A 75-year-old woman presented to the emergency room with complaints of shortness of breath and left-sided chest pain. Her medical history was significant for chronic bronchiectasis on home oxygen, myasthenia gravis with intermittent exacerbations requiring IVIG and plasma exchange, and bilateral breast implants placed approximately 45 years earlier. Her myasthenia gravis was thought to be associated with a thymoma that was treated with thirty rounds of external beam radiation followed by a VATS thymectomy 4 months prior to presentation. Her thymectomy was well-tolerated with no immediate peri-operative complications. Two weeks post-thymectomy, she was hospitalized with complaints of shortness of breath. A CT scan of the chest revealed subacute appearing fractures of the anterior left 2^nd-5^th ribs, with interval widening of the anterior 4^th left rib interspace and increasing approximation of the left breast prosthesis to the left pleura which was believed to be secondary to her recent thymectomy (Figure 1). 

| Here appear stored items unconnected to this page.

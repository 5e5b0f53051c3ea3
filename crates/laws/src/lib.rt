// Laws that the other crates' proofs cite. They stand in specs/ and proofs/; there is no code here.
#![tactic(auto)]
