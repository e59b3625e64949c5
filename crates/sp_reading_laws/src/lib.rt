//! What sources mean, by small sources, each beside one that differs in one thing: assemblies with their bytes and names,
//! and refusals with their lines and kinds. There is no code here, only laws on definitions.
#![tactic(auto)]

mod laws;
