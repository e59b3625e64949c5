//! Which of the small programs are good. Each law has a list or a number in which a program differs from its twins.

ghost use Rattle.std.specs.Prelude.{◌≡◌, ◌≢◌, ◌↔◌, ◌⊎◌, ℕ, ◌+◌, ◌<◌, ◌≤◌, true, false, List, [], ◌∷◌, ◌++◌, Contains};
ghost use Rattle.sp_base.specs.Image.{IsInMemory};
ghost use Rattle.sp_base.specs.declared.location.Loc.{Loc};
ghost use Rattle.sp_base.specs.declared.location.Loc.TheVariants as loc;
ghost use Rattle.sp_isa.specs.Effect.{gives_output, takes_input};
ghost use Rattle.sp_isa.specs.declared.instr.Cond.TheVariants as when;
ghost use Rattle.sp_isa.specs.declared.instr.Instr.{Instr};
ghost use Rattle.sp_isa.specs.declared.instr.Instr.TheVariants.{In, Nop, Out, Rcc, Ret};
ghost use Rattle.sp_model.specs.Good.{AllRunsAreGood, IsEntry, IsGood, IsGoodAt, IsReturnStep, Keeps, base};
ghost use Rattle.sp_model.specs.Note.{Note};
ghost use Rattle.sp_model.specs.State.{State, IsState, next_instr, run, step};
ghost use Rattle.sp_model.specs.Unit.{Area, Routine, Unit};
ghost use Rattle.sp_examples.specs.Images.{one_byte};
ghost use Rattle.sp_examples.specs.Notes.{BindsEverywhere, HasOverlap, NeedNoNames, StandForValues};
ghost use Rattle.sp_examples.specs.States.{elsewhere, end_cells, left, ready, stopped, with_a, with_input, with_output, with_sp, with_z};
ghost use Rattle.sp_examples.specs.Units.{IsEntryOf, IsFree, IsGoodOf, MayLeave, ReturnsAt, RunIsGood, a_is, alone, begin, bytes_of, caller, calling, entered, far, finish, given, guard, hop, hopping, landing, line, load, only, push, pushed_word, run_on, send, store, take, watch, write};

/// `STA w` is good exactly where an area listed as changed has the cell w, whatever areas are listed as read.
pub fn stores_are_listed()
    ensures { (w : ℕ) (reads areas : List Area) → IsFree w
        → AllRunsAreGood (alone (store w reads areas))
        ↔ ((area : Area) × Contains areas area × ((area.address ≤ w) × (w < area.address + area.len))) }
{}

/// `OUT 5` is good exactly where port 5 is listed for outputs.
pub fn outputs_are_listed()
    ensures { (ins outs : List ℕ) → AllRunsAreGood (alone (send ins outs)) ↔ Contains outs 5 }
{}

/// `IN 5` is good exactly where port 5 is listed for inputs.
pub fn inputs_are_listed()
    ensures { (ins outs : List ℕ) → AllRunsAreGood (alone (take ins outs)) ↔ Contains ins 5 }
{}

/// `MVI A,5` is good exactly where A is listed as changed, whatever is listed as read.
pub fn registers_are_listed()
    ensures { (reads changes : List Loc) → AllRunsAreGood (alone (load reads changes [] [])) ↔ Contains changes loc.A }
{}

/// After `MVI A,5` a postcondition or an assertion `A = n` is true exactly where n is 5.
pub fn annotations_are_true()
    ensures post { (n : ℕ) → AllRunsAreGood (alone (load [] (loc.A ∷ []) (a_is n ∷ []) [])) ↔ (n ≡ 5) }
    ensures asserts { (n : ℕ) → AllRunsAreGood (alone (load [] (loc.A ∷ []) [] (a_is n ∷ []))) ↔ (n ≡ 5) }
{}

/// `PUSH B`, `POP B`, `RET` is good exactly with two bytes of stack or more. At the POP the word on the stack is that
/// of BC at the entry, and it isn't the next one.
pub fn stack_is_taken_within_depth()
    ensures depth { (depth : ℕ) → AllRunsAreGood (alone (push depth [])) ↔ (2 ≤ depth) }
    ensures word { AllRunsAreGood (alone (push 2 (pushed_word 1 ∷ []))) }
    ensures other { ¬ AllRunsAreGood (alone (push 2 (pushed_word 2 ∷ []))) }
{}

/// With nothing listed, `STA w` is good exactly where w is one of the `depth` bytes below the base, and never at the base:
/// for a start routine the base is the address past the stack region, for another it is SP at the entry.
pub fn allotment_lies_below_base()
    ensures start { (depth w : ℕ) → 0x200 ≤ w → w < 65536
        → AllRunsAreGood (alone (write true depth w)) ↔ ((w < 0x2400) × (0x2400 ≤ w + depth)) }
    ensures other { (depth w sp : ℕ) → 0x200 ≤ w → w < 65536
        → RunIsGood (write false depth w) (entered (write false depth w) sp) ↔ ((w < sp) × (sp ≤ w + depth)) }
{}

/// A routine is entered with stack room for its return address and its depth, and a start routine with any SP.
pub fn entries_have_room()
    ensures room { (depth sp : ℕ)
        → IsEntryOf (push depth []) (entered (push depth []) sp) ↔ ((0x2300 + depth ≤ sp) × (sp + 1 ≤ 0x23FF)) }
    ensures start { (depth sp w : ℕ) → w < 65536 → sp < 65536
        → IsEntryOf (write true depth w) (entered (write true depth w) sp) }
{}

/// Each program here is entered in some state, so that nothing is said of it for want of an entry.
pub fn programs_are_entered()
    ensures store { (w : ℕ) (reads areas : List Area) → w < 65536
        → IsEntryOf (store w reads areas) (entered (store w reads areas) 0x2380) }
    ensures send { (ins outs : List ℕ) → IsEntryOf (send ins outs) (entered (send ins outs) 0x2380) }
    ensures take { (ins outs : List ℕ) → IsEntryOf (take ins outs) (entered (take ins outs) 0x2380) }
    ensures load { (reads changes : List Loc) (post asserts : List Note)
        → IsEntryOf (load reads changes post asserts) (entered (load reads changes post asserts) 0x2380) }
    ensures watch { (w : ℕ) → w ≢ 0x100 → IsEntryOf (watch w) (ready ((w, 1) ∷ bytes_of (watch w).code) 0x100 0x2380) }
    ensures far { (w : ℕ) → w < 65536 → IsEntryOf (far w) (entered (far w) 0x2380) }
    ensures ended { IsEntryOf (run_on (line 0x101 Ret ∷ [])) (entered (run_on (line 0x101 Ret ∷ [])) 0x2380) }
    ensures unended { IsEntryOf (run_on []) (entered (run_on []) 0x2380) }
    ensures hop { (w : ℕ) (asserts : List Note) → w < 65536
        → IsEntry (hopping w asserts) (hop w) (ready (bytes_of ((hop w).code ++ (landing asserts).code)) 0x100 0x2380) }
    ensures caller { (depth : ℕ)
        → IsEntry (calling depth) (caller depth) (ready (bytes_of ((push 2 []).code ++ (caller depth).code)) 0x110 0) }
{}

/// A state is no entry without the image, at another address, halted, or with a part out of its range. The state that is
/// changed here is an entry by the law on room.
pub fn entries_are_whole()
    ensures loaded { ¬ IsEntryOf (push 2 []) (ready [] 0x100 0x2380) }
    ensures address { ¬ IsEntryOf (push 2 []) (elsewhere (entered (push 2 []) 0x2380)) }
    ensures running { ¬ IsEntryOf (push 2 []) (stopped (entered (push 2 []) 0x2380)) }
    ensures state { ¬ IsEntryOf (push 2 []) (with_input 256 (entered (push 2 []) 0x2380)) }
{}

/// Preconditions are true at an entry, whatever the postconditions: A is 7 in the given state.
pub fn preconditions_are_true()
    ensures { (m n : ℕ)
        → IsEntryOf (guard (a_is m ∷ []) (a_is n ∷ [])) (entered (guard [] []) 0x2380) ↔ (m ≡ 7) }
{}

/// The two empty premises. A precondition that no state meets, and a depth that leaves no room in the stack region, leave
/// a routine without an entry, and then nothing is claimed of it: a program of it alone is good, whatever its
/// postconditions and assertions.
pub fn routines_without_entry()
    ensures pre { (n : ℕ) (s : State) → ¬ IsEntryOf (guard (a_is 256 ∷ []) (a_is n ∷ [])) s }
    ensures room { (asserts : List Note) (s : State) → ¬ IsEntryOf (push 0xFF asserts) s }
    ensures good { (r : Routine) → ((s : State) → ¬ IsEntryOf r s) → AllRunsAreGood (alone r) }
{}

/// A step returns exactly where its instruction returns and SP is the base: SP at the entry, or the address past the stack
/// region for a start routine. A conditional return does so where its condition holds. A halted state returns nowhere.
pub fn returns_are_at_base()
    ensures base { (sp : ℕ) → ReturnsAt Ret (with_sp sp (given Ret)) ↔ (sp ≡ 0x2380) }
    ensures start { (sp : ℕ)
        → IsReturnStep (alone (begin Ret)) (begin Ret) (given Ret) (with_sp sp (given Ret)) ↔ (sp ≡ 0x2400) }
    ensures condition { (z : ℕ) → ReturnsAt (Rcc when.Z) (with_z z (given (Rcc when.Z))) ↔ (z ≡ 1) }
    ensures halted { ¬ ReturnsAt Ret (stopped (given Ret)) }
    ensures other { ¬ ReturnsAt Nop (given Nop) }
{}

/// After a return: the postcondition is true (A is 9), a register that isn't listed is as at the entry (B is 1), SP is two
/// higher, PC is the word that stood at the base (1234H) even if it was written since, bytes went to listed ports alone
/// (port 5), and only a listed cell (2000H, 2380H) or one of the two bytes below the base (2380H) was written.
pub fn returns_leave_what_is_listed()
    ensures { (a b sp pc port w : ℕ) → w < 65536
        → MayLeave (ready end_cells 0x100 0x2380) (left a b sp pc port w (ready end_cells 0x100 0x2380))
        ↔ ((a ≡ 9) × (b ≡ 1) × (sp ≡ 0x2382) × (pc ≡ 0x1234) × (port ≡ 5)
        × ((w ≡ 0x2000) ⊎ ((0x237E ≤ w) × (w ≤ 0x2380)))) }
{}

/// A halted state is good whatever stands at its PC. One that isn't halted is bad where no instruction begins, or where
/// an IN takes from a port that isn't listed.
pub fn halted_states_go_nowhere()
    ensures halted { (i : Instr) (cells : List (ℕ × ℕ))
        → IsGoodOf i (ready cells 0x100 0x2380) (stopped (ready cells 0x100 0x2380)) }
    ensures stuck { ¬ IsGoodOf Nop (ready ((0x100, 8) ∷ []) 0x100 0x2380) (ready ((0x100, 8) ∷ []) 0x100 0x2380) }
    ensures input { ¬ IsGoodOf (In 5) (given (In 5)) (given (In 5)) }
{}

/// A run that leaves the code is bad: NOP is good with a RET after it, and bad with none. Where a JMP leads to, an
/// instruction of some routine begins: here the JMP itself, at 100H, or the RET of another routine, at 110H.
pub fn runs_stay_in_code()
    ensures ended { AllRunsAreGood (alone (run_on (line 0x101 Ret ∷ []))) }
    ensures unended { ¬ AllRunsAreGood (alone (run_on [])) }
    ensures jump { (w : ℕ) → w < 65536 → AllRunsAreGood (hopping w []) ↔ ((w ≡ 0x100) ⊎ (w ≡ 0x110)) }
{}

/// The assertions of a routine are its own: a false one where another routine goes on is nothing to that other one. All
/// routines of a program count: this one is bad by its second routine.
pub fn assertions_are_those_of_the_routine()
    ensures first { (n : ℕ) (s : State) → IsEntry (hopping 0x110 (a_is 5 ∷ [])) (hop 0x110) s
        → IsGood (hopping 0x110 (a_is 5 ∷ [])) (hop 0x110) s n }
    ensures second { ¬ AllRunsAreGood (hopping 0x110 (a_is 5 ∷ [])) }
{}

/// A RET with another SP than the base is a jump: it goes on at the word that was pushed, which is good at the second RET,
/// and bad past it.
pub fn other_returns_are_jumps()
    ensures good { AllRunsAreGood (alone (far 0x105)) }
    ensures bad { ¬ AllRunsAreGood (alone (far 0x106)) }
{}

/// A start routine that calls a routine is good exactly with stack for both: two bytes for the return address, and the
/// two that the routine takes. The RET of the routine isn't the caller's return, since SP isn't the caller's base.
pub fn calls_are_within_depth()
    ensures { (depth : ℕ) → AllRunsAreGood (calling depth) ↔ (4 ≤ depth) }
{}

/// Annotations see zeros in the stack region, from its first cell to its last, and memory elsewhere: `mem[w] = 0` is true in
/// all runs exactly there; 100H has the program.
pub fn annotations_see_no_stack()
    ensures { (w : ℕ) → w < 65536 → w ≢ 0x100
        → AllRunsAreGood (alone (watch w)) ↔ ((0x2300 ≤ w) × (w ≤ 0x23FF)) }
{}

/// IN takes the next byte to come, or 255 where there is none, and puts nothing out. OUT puts its port and A after what was
/// put out before, and takes nothing. Other instructions leave both.
pub fn steps_at_ports()
    ensures taken { (s : State) (port n x : ℕ) (rest : List ℕ)
        → s.core.halted ≡ false → next_instr s.core ≡ Some (In port, n) → s.inputs ≡ x ∷ rest
        → ((step s).core.a ≡ x) × ((step s).inputs ≡ rest) × ((step s).outputs ≡ s.outputs) }
    ensures past_end { (s : State) (port n : ℕ)
        → s.core.halted ≡ false → next_instr s.core ≡ Some (In port, n) → s.inputs ≡ []
        → ((step s).core.a ≡ 255) × ((step s).inputs ≡ []) × ((step s).outputs ≡ s.outputs) }
    ensures put_out { (s : State) (port n : ℕ) → s.core.halted ≡ false → next_instr s.core ≡ Some (Out port, n)
        → ((step s).inputs ≡ s.inputs) × ((step s).outputs ≡ s.outputs ++ (port, s.core.a) ∷ []) }
    ensures neither { (s : State) (i : Instr) (n : ℕ) → s.core.halted ≡ false → next_instr s.core ≡ Some (i, n)
        → takes_input i ≡ None → gives_output i s.core ≡ None
        → ((step s).inputs ≡ s.inputs) × ((step s).outputs ≡ s.outputs) }
{}

/// A state has bytes in its registers, among its inputs, and as ports and bytes among its outputs.
pub fn states_are_in_range()
    ensures register { (a : ℕ) → IsState (with_a a (given Nop)) ↔ (a < 256) }
    ensures input { (byte : ℕ) → IsState (with_input byte (given Nop)) ↔ (byte < 256) }
    ensures output { (port byte : ℕ) → IsState (with_output port byte (given Nop)) ↔ ((port < 256) × (byte < 256)) }
{}

/// Nothing has changed between a state and itself, and what two parts of a run keep the whole keeps, where the base is the
/// same.
pub fn keeping_composes()
    ensures itself { (u : Unit) (r : Routine) (s : State) → Keeps u r s s }
    ensures parts { (u : Unit) (r : Routine) (s t v : State)
        → base u r t ≡ base u r s → Keeps u r s t → Keeps u r t v → Keeps u r s v }
{}

/// What is claimed of no step is claimed of the entry; of one step more, of the state after it too, if no step before it
/// returned; and once one returned, of no further state.
pub fn claims_grow_by_steps()
    ensures none { (u : Unit) (r : Routine) (s : State) → IsGood u r s 0 ↔ IsGoodAt u r s s }
    ensures more { (u : Unit) (r : Routine) (s : State) (n : ℕ)
        → IsGood u r s (n + 1)
        ↔ (IsGood u r s n
        × (((k : ℕ) → k ≤ n → ¬ IsReturnStep u r s (run s k)) → IsGoodAt u r s (run s (n + 1)))) }
    ensures returned { (u : Unit) (r : Routine) (s : State) (n m : ℕ)
        → IsGood u r s n → IsReturnStep u r s (run s n) → IsGood u r s m }
{}

/// A name stands in a note only where a quantifier of this name binds it, wherever in the note a number may stand. A
/// quantifier binds its name inside, and not in its ends.
pub fn notes_bind_their_names()
    ensures { BindsEverywhere }
{}

/// A part of a note stands for its number, or for its truth value, between the same two machines and with the same bound
/// names as the note: the note says the same if the number or the truth value is written instead.
pub fn parts_stand_for_their_values()
    ensures { StandForValues }
{}

/// `band`, `bor` and `bxor` have the bits that are in both numbers, in either, and in one alone.
pub fn notes_tell_bits_apart()
    ensures { HasOverlap }
{}

/// An image is in memory where its addresses are below 65,536 and its bytes below 256.
pub fn images_lie_in_memory()
    ensures { (a byte : ℕ) → IsInMemory (one_byte a byte) ↔ ((a < 65536) × (byte < 256)) }
{}

/// What a closed note says depends on no number of a name from outside.
pub fn closed_notes_stand_alone()
    ensures { NeedNoNames }
{}
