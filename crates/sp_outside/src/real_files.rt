ghost use Rattle.std.specs.Prelude.{◌≡◌, ◌≢◌, ◌+◌, ◌-◌, ◌^◌, ◌≤◌, [], min, IfOk, Err, IsErrOf, vec_len};
ghost use Rattle.sp_base.specs.Calls.{calls_of};
ghost use Rattle.sp_base.specs.Files.{Rose};

use sp_base::{Access, CallLog, Files, Outcome, ReadRefusal, WriteRefusal};
use std::alloc::Global;
use std::io::{Read, Write};
use std::rt::Files as SystemFiles;
use std::{fs, io};

/// The files of the system. Contracts are told nothing of what they hold.
#[derive(Drop)]
pub struct RealFiles<'a, R: SystemFiles> {
    rt: &'a R,
    log: CallLog,
    read_faults: u64,
    write_faults: u64,
}

/// The bytes that one call reads at the most.
const CHUNK: usize = 8192;

impl<'a, R: SystemFiles + AllocGlobal> RealFiles<'a, R> {
    /// The files of this runtime, of which none was called yet.
    pub fn new(rt: &'a R) -> Self
        ensures calls { calls_of result.log ≡ [] }
        ensures reads { result.read_faults ≡ 0 }
        ensures writes { result.write_faults ≡ 0 }
    {
        RealFiles {
            rt,
            log: CallLog::new(rt.alloc()),
            read_faults: 0,
            write_faults: 0,
        }
    }

    fn read_failed(&mut self) -> ReadRefusal
        ensures failed { result ≡ ReadRefusal.Failed }
        ensures count { self.new.read_faults ≡ min (self.old.read_faults + 1) (2 ^ 64 - 1) }
        ensures writes { self.new.write_faults ≡ self.old.write_faults }
        ensures log { self.new.log ≡ self.old.log }
        ensures later { self.old.read_faults ≤ self.new.read_faults }
    {
        self.read_faults = self.read_faults.saturating_add(1);
        ReadRefusal::Failed
    }

    /// Reads, as a call that has begun.
    fn read_file(&mut self, alloc: Global, name: &str, limit: usize) -> Result<Vec<u8>, ReadRefusal>
        ensures within { IfOk result (λ bytes. vec_len bytes ≤ limit) }
        ensures failed { IsErrOf result ReadRefusal.Failed → Rose self.old.read_faults self.new.read_faults }
        ensures missing { IsErrOf result ReadRefusal.Missing → self.new.read_faults ≡ self.old.read_faults }
        ensures later { self.old.read_faults ≤ self.new.read_faults }
        ensures writes { self.new.write_faults ≡ self.old.write_faults }
        ensures log { self.new.log ≡ self.old.log }
    {
        let mut file = match fs::open(self.rt, name) {
            Ok(file) => file,
            Err(error) => {
                if error.kind() == io::ErrorKind::NotFound {
                    return Err(ReadRefusal::Missing);
                }
                return Err(self.read_failed());
            }
        };
        match read_all(alloc, &mut file, limit) {
            Ok(bytes) => Ok(bytes),
            Err(ReadRefusal::Failed) => Err(self.read_failed()),
            Err(refusal) => Err(refusal),
        }
    }

    /// Writes, as a call that has begun.
    fn write_file(&mut self, name: &str, bytes: &[u8]) -> Result<(), WriteRefusal>
        ensures failed { IsErrOf result WriteRefusal.Failed → Rose self.old.write_faults self.new.write_faults }
        ensures later { self.old.write_faults ≤ self.new.write_faults }
        ensures reads { self.new.read_faults ≡ self.old.read_faults }
        ensures log { self.new.log ≡ self.old.log }
    {
        let written = match fs::create(self.rt, name) {
            Ok(mut file) => write_all(&mut file, bytes),
            Err(_) => false,
        };
        if written {
            return Ok(());
        }
        self.write_faults = self.write_faults.saturating_add(1);
        Err(WriteRefusal::Failed)
    }
}

/// All bytes that are left, if there are at most `limit`. Each turn reads at least one byte or is the last.
fn read_all<S: Read>(alloc: Global, from: &mut S, limit: usize) -> Result<Vec<u8>, ReadRefusal>
    ensures within { IfOk result (λ bytes. vec_len bytes ≤ limit) }
    ensures there { result ≢ Err ReadRefusal.Missing }
{
    let mut bytes = Vec::new(alloc);
    let mut chunk = [0u8; CHUNK];
    loop {
        let Ok(n) = from.read(&mut chunk) else {
            return Err(ReadRefusal::Failed);
        };
        if n == 0 {
            return Ok(bytes);
        }
        if n > limit - bytes.len() {
            return Err(ReadRefusal::TooLarge);
        }
        if bytes.extend_from_slice(&chunk[..n]).is_err() {
            return Err(ReadRefusal::Memory);
        }
    }
}

/// Writes all bytes. Each turn writes at least one byte or is the last.
fn write_all<S: Write>(to: &mut S, bytes: &[u8]) -> bool {
    let mut rest = bytes;
    while !rest.is_empty() {
        match to.write(rest) {
            Ok(0) | Err(_) => return false,
            Ok(n) => rest = &rest[n..],
        }
    }
    true
}

impl<R: SystemFiles + AllocGlobal> Files for RealFiles<'_, R> {
    ghost use Rattle.std.specs.Prelude.{false, None};
    ghost use Rattle.sp_base.specs.Calls.{calls_of};

    ghost store = { λ files. record { told = false; contents = λ _. None; read_faults = files.read_faults; write_faults = files.write_faults; calls = calls_of files.log } };

    fn read(&mut self, alloc: Global, name: &str, limit: usize) -> Result<Vec<u8>, ReadRefusal> {
        if self.log.begin(Access::Read, name).is_err() {
            return Err(ReadRefusal::Memory);
        }
        let answer = self.read_file(alloc, name, limit);
        self.log.end(Outcome::of_read(&answer));
        answer
    }

    fn write(&mut self, name: &str, bytes: &[u8]) -> Result<(), WriteRefusal> {
        if self.log.begin(Access::Write, name).is_err() {
            return Err(WriteRefusal::Memory);
        }
        let answer = self.write_file(name, bytes);
        self.log.end(Outcome::of_write(&answer));
        answer
    }
}
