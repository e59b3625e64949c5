use crate::{RealFiles, RealSink};
use sp_cli::{Status, space};
use std::rt::{Env, Files as SystemFiles};
use std::{env, io};

/// The words of the process, without the program's name.
fn words_of<R: Env + AllocGlobal>(rt: &R) -> io::Result<Vec<String>> {
    let words = env::args(rt)?.skip(1).collect::<Vec<String>>(rt.alloc())?;
    Ok(words)
}

/// Carries out the command line of the process over the files of the system and standard output. A word that isn't UTF-8
/// is in no form of a command line, and is answered as such words are.
pub fn carry_out<R: Env + AllocGlobal + SystemFiles + Print>(rt: &R) -> Status {
    let words = match words_of(rt) {
        Ok(words) => words,
        Err(error) => {
            if error.kind() == io::ErrorKind::OutOfMemory {
                return Status::Memory;
            }
            Vec::new(rt.alloc())
        }
    };
    let mut files = RealFiles::new(rt);
    let mut out = RealSink::new(rt);
    space(rt.alloc(), &words, &mut files, &mut out)
}
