//! What sources mean, by example.
ghost use Rattle.sp_reading_laws.specs.Expressions.{HaveOneTree};
ghost use Rattle.sp_reading_laws.specs.Sources.{DividesByZero, EndsThere, NestsTo64, SetsAgain};

/// A zero divisor refuses a source in both rounds, where all names have values.
pub fn zero_divisors_refuse()
    ensures { DividesByZero }
{}

/// A name of SET has the value of its last SET above, and none above its first.
pub fn names_are_set_again()
    ensures { SetsAgain }
{}

/// A source ends with END, which may have an expression.
pub fn sources_end()
    ensures { EndsThere }
{}

/// A statement nests 64 parentheses or NOT at most.
pub fn statements_nest_to_64()
    ensures { NestsTo64 }
{}

/// The words of an expression have one tree.
pub fn expressions_have_one_tree()
    ensures { HaveOneTree }
{}
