use sp_base::{Sink, WriteRefusal};

/// Standard output. Contracts are told nothing of what it takes.
#[derive(Drop)]
pub struct RealSink<'a, R: Print> {
    rt: &'a R,
    faults: u64,
}

impl<'a, R: Print> RealSink<'a, R> {
    ghost use Rattle.std.specs.Prelude.{◌≡◌};

    /// The standard output of this runtime, of which no call has failed yet.
    pub fn new(rt: &'a R) -> Self
        ensures { result.faults ≡ 0 }
    {
        RealSink { rt, faults: 0 }
    }
}

impl<R: Print> Sink for RealSink<'_, R> {
    ghost use Rattle.std.specs.Prelude.{false, []};

    ghost output = { λ sink. record { told = false; taken = []; faults = sink.faults } };

    fn put(&mut self, bytes: &[u8]) -> Result<(), WriteRefusal> {
        if print_all(self.rt, bytes) {
            return Ok(());
        }
        self.faults = self.faults.saturating_add(1);
        Err(WriteRefusal::Failed)
    }
}

/// Prints all bytes, and answers whether it did. Each turn prints at least one byte or is the last.
fn print_all<P: Print>(rt: &P, bytes: &[u8]) -> bool {
    let mut rest = bytes;
    while !rest.is_empty() {
        match rt.write_some(rest) {
            Ok(0) | Err(_) => return false,
            Ok(n) => rest = &rest[n..],
        }
    }
    true
}
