//! The outside of a process: its words, the files of the system and standard output, and the command line carried out
//! over them.
#![tactic(auto)]

mod process;
mod real_files;
mod real_sink;

pub use process::carry_out;
pub use real_files::RealFiles;
pub use real_sink::RealSink;
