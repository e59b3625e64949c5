//! Small programs, each with twins that differ in one list or number, and which of them are good: what the definitions
//! of entries, runs and returns say, by example. There is no code here, only laws on definitions.
#![tactic(auto)]

mod laws;
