// Added by the port: signs that are coherent, given to the calls of orientation.rs. A theorem elsewhere that ends in coherent signs ends here in what the calls say.
// Definitions are in specs/, theorems in proofs/.
#![tactic(auto)]
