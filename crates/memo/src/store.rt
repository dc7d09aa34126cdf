//! A memo is a function store.
ghost use Rattle.std.specs.Prelude.{◌≡◌};
ghost use Rattle.stores.specs.Meaning.{Starts, Takes, Joins, Flips, Fixes, Releases};
ghost use Rattle.memo.specs.Memos.{Memoized, Started, Released};

use crate::memo::{Memo, forget};
use stores::{Call, Operation, Store, StoreFault};

// The `memo` clauses name what the memo had and has, field by field: that is what they promise.
impl<S: Store> Store for Memo<S> {
    ghost meaning = { λ s. S.Store.meaning s.below };

    ghost keeping = { S.Store.keeping };

    // A granted start forgets all.
    fn start(&mut self, inputs: usize) -> Result<(), StoreFault>
        ensures starts { Starts (S.Store.meaning self.old.below) inputs result (S.Store.meaning self.new.below) }
        ensures memo { Started self.old.entries result self.new.entries }
    {
        self.below.start(inputs)?;
        self.entries = [None; 64];
        Ok(())
    }

    fn variable(&mut self, v: usize) -> Result<usize, StoreFault>
        ensures takes { Takes S.Store.keeping (S.Store.meaning self.old.below) v result (S.Store.meaning self.new.below) }
        ensures memo { Memoized S.Store.keeping (S.Store.meaning self.old.below) (Call.Variable v) self.old.below self.old.entries result (S.Store.meaning self.new.below) self.new.below self.new.entries }
    {
        self.answer(Call::Variable(v))
    }

    fn join(&mut self, op: Operation, f: usize, g: usize) -> Result<usize, StoreFault>
        ensures joins { Joins S.Store.keeping (S.Store.meaning self.old.below) op f g result (S.Store.meaning self.new.below) }
        ensures memo { Memoized S.Store.keeping (S.Store.meaning self.old.below) (Call.Join op f g) self.old.below self.old.entries result (S.Store.meaning self.new.below) self.new.below self.new.entries }
    {
        self.answer(Call::Join(op, f, g))
    }

    fn flip(&mut self, f: usize) -> Result<usize, StoreFault>
        ensures flips { Flips S.Store.keeping (S.Store.meaning self.old.below) f result (S.Store.meaning self.new.below) }
        ensures memo { Memoized S.Store.keeping (S.Store.meaning self.old.below) (Call.Flip f) self.old.below self.old.entries result (S.Store.meaning self.new.below) self.new.below self.new.entries }
    {
        self.answer(Call::Flip(f))
    }

    fn fix(&mut self, f: usize, bit: bool) -> Result<usize, StoreFault>
        ensures fixes { Fixes S.Store.keeping (S.Store.meaning self.old.below) f bit result (S.Store.meaning self.new.below) }
        ensures memo { Memoized S.Store.keeping (S.Store.meaning self.old.below) (Call.Fix f bit) self.old.below self.old.entries result (S.Store.meaning self.new.below) self.new.below self.new.entries }
    {
        self.answer(Call::Fix(f, bit))
    }

    fn value(&self, f: usize, e: bool, a: usize) -> Result<bool, StoreFault> {
        self.below.value(f, e, a)
    }

    fn length(&self) -> usize {
        self.below.length()
    }

    // A granted release forgets each call that ended with a longer list than is left.
    fn release(&mut self, m: usize) -> Result<(), StoreFault>
        ensures releases { Releases (S.Store.meaning self.old.below) m result (S.Store.meaning self.new.below) }
        ensures memo { Released m self.old.entries result self.new.entries }
    {
        self.below.release(m)?;
        forget(&mut self.entries, m);
        Ok(())
    }
}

Figure 1. Axial contrast-enhanced CT of the chest shows approximation of the left breast prosthesis to the pleura.

These findings were not thought to be clinically significant and her symptoms were attributed to an exacerbation of her myasthenia gravis. Her symptoms resolved after treatment of an exacerbation of her myasthenia gravis. Two months later, she presented with acute onset of shortness of breath and left-sided chest pain which was new compared to prior symptoms. She also noted that her left breast implanted had moved. Subsequent physical exams noted no identifiable prosthesis along left anterior chest wall which prompted further evaluation. A CTA chest was obtained in the ED which identified interval migration of left breast implant into the posterior left chest (Figure 2). 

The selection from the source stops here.